→ INFORMATION PROVIDED
■ ■ ■ ■ ■

//! What a listing shows of a line: the values that the line emits or assigns; and whether the line is listed. (MACRO-11 Language Reference
//! Manual, "Listing control directives".)

ghost use Rattle.std.specs.Prelude.{◌≡◌, ◌∷◌, ◌++◌, [], IfOk};
ghost use Rattle.std.specs.Option.{option_to_list};
ghost use Rattle.m11_asm_rules.specs.Items as spec;
ghost use Rattle.m11_scan_expressions.specs.Quantities.{quantity};

use bitflags::Flags;
use m11_asm_listing::{Item, Mark};
use m11_asm_rules::Modes;
use m11_obj::{PieceContent, RelocationKind};
use m11_scan::ErrorFlags;
use m11_scan_expressions::{Kind, Value};
use std::alloc::AllocError;

/// Adds the items of a byte, a word or a pair of limits: the stored constant, with a mark for its relocation. Each limit is the word 0,
/// since the linker fills it in. Error: memory may be refused.
pub fn add_content_items(items: &mut Vec<Item>, content: &PieceContent) -> Result<(), AllocError>
    ensures { IfOk result (λ _. items.new.items ≡ items.old.items ++ spec.content_items content.now) }
{
    match content {
        PieceContent::Byte(stored) => {
            let byte = (stored.constant % 256) as u8;
            add_item(items, Item::InByte(byte, mark_of(stored.kind)))
        }
        PieceContent::Word(stored) => {
            add_item(items, Item::InWord(stored.constant, mark_of(stored.kind)))
        }
        PieceContent::Limits => {
            add_item(items, Item::InWord(0, Mark::Unmarked))?;
            add_item(items, Item::InWord(0, Mark::Unmarked))
        }
    }
}

fn add_item(items: &mut Vec<Item>, item: Item) -> Result<(), AllocError>
    ensures { IfOk result (λ _. items.new.items ≡ items.old.items ++ item ∷ []) }
{
    items.push(item)?;
    Ok(())
}

/// Whether a line without flags is listed: the listing level must not be below 0, and a line of an expansion needs `.LIST ME` as well.
pub fn is_shown(modes: &Modes, is_expanded: bool) -> bool
    ensures { result ≡ spec.is_shown modes.now is_expanded }
{
    modes.unlisted <= modes.listed && (!is_expanded || modes.shows_expansions)
}

// The item of an assigned value; an unknown value has none.
pub(crate) fn value_item(value: Value) -> Option<Item>
    ensures { option_to_list result ≡ spec.value_items (quantity value) }
{
    if value.flags.bits() & ErrorFlags::U.bits() == 0 {
        Some(Item::InWord(value.number, mark_by(value.kind)))
    } else {
        None
    }
}

// The mark of an emitted value, by its relocation.
fn mark_of(kind: RelocationKind) -> Mark
    ensures { result ≡ spec.mark_of kind }
{
    match kind {
        RelocationKind::Fixed | RelocationKind::InternalDisplaced => Mark::Unmarked,
        RelocationKind::Internal => Mark::OfSection,
        RelocationKind::Global(_) | RelocationKind::GlobalDisplaced(_) => Mark::OfObject,
        RelocationKind::Section(_) | RelocationKind::SectionDisplaced(_) => Mark::OfSection,
    }
}

// The mark of an assigned value, by what it is relative to.
fn mark_by(kind: Kind) -> Mark
    ensures { result ≡ spec.mark_by kind }
{
    match kind {
        Kind::Absolute => Mark::Unmarked,
        Kind::Section(_) => Mark::OfSection,
        Kind::Register => Mark::OfRegister,
        Kind::Reference(_) => Mark::OfObject,
    }
}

■ ■ ■ ■ ■

→ WHAT YOU WILL DO
Copy every line of the material in which the word "Unmarked" occurs.

→ ANSWER TO THE EXERCISE
            add_item(items, Item::InWord(0, Mark::Unmarked))?;
            add_item(items, Item::InWord(0, Mark::Unmarked))
        RelocationKind::Fixed | RelocationKind::InternalDisplaced => Mark::Unmarked,
        Kind::Absolute => Mark::Unmarked,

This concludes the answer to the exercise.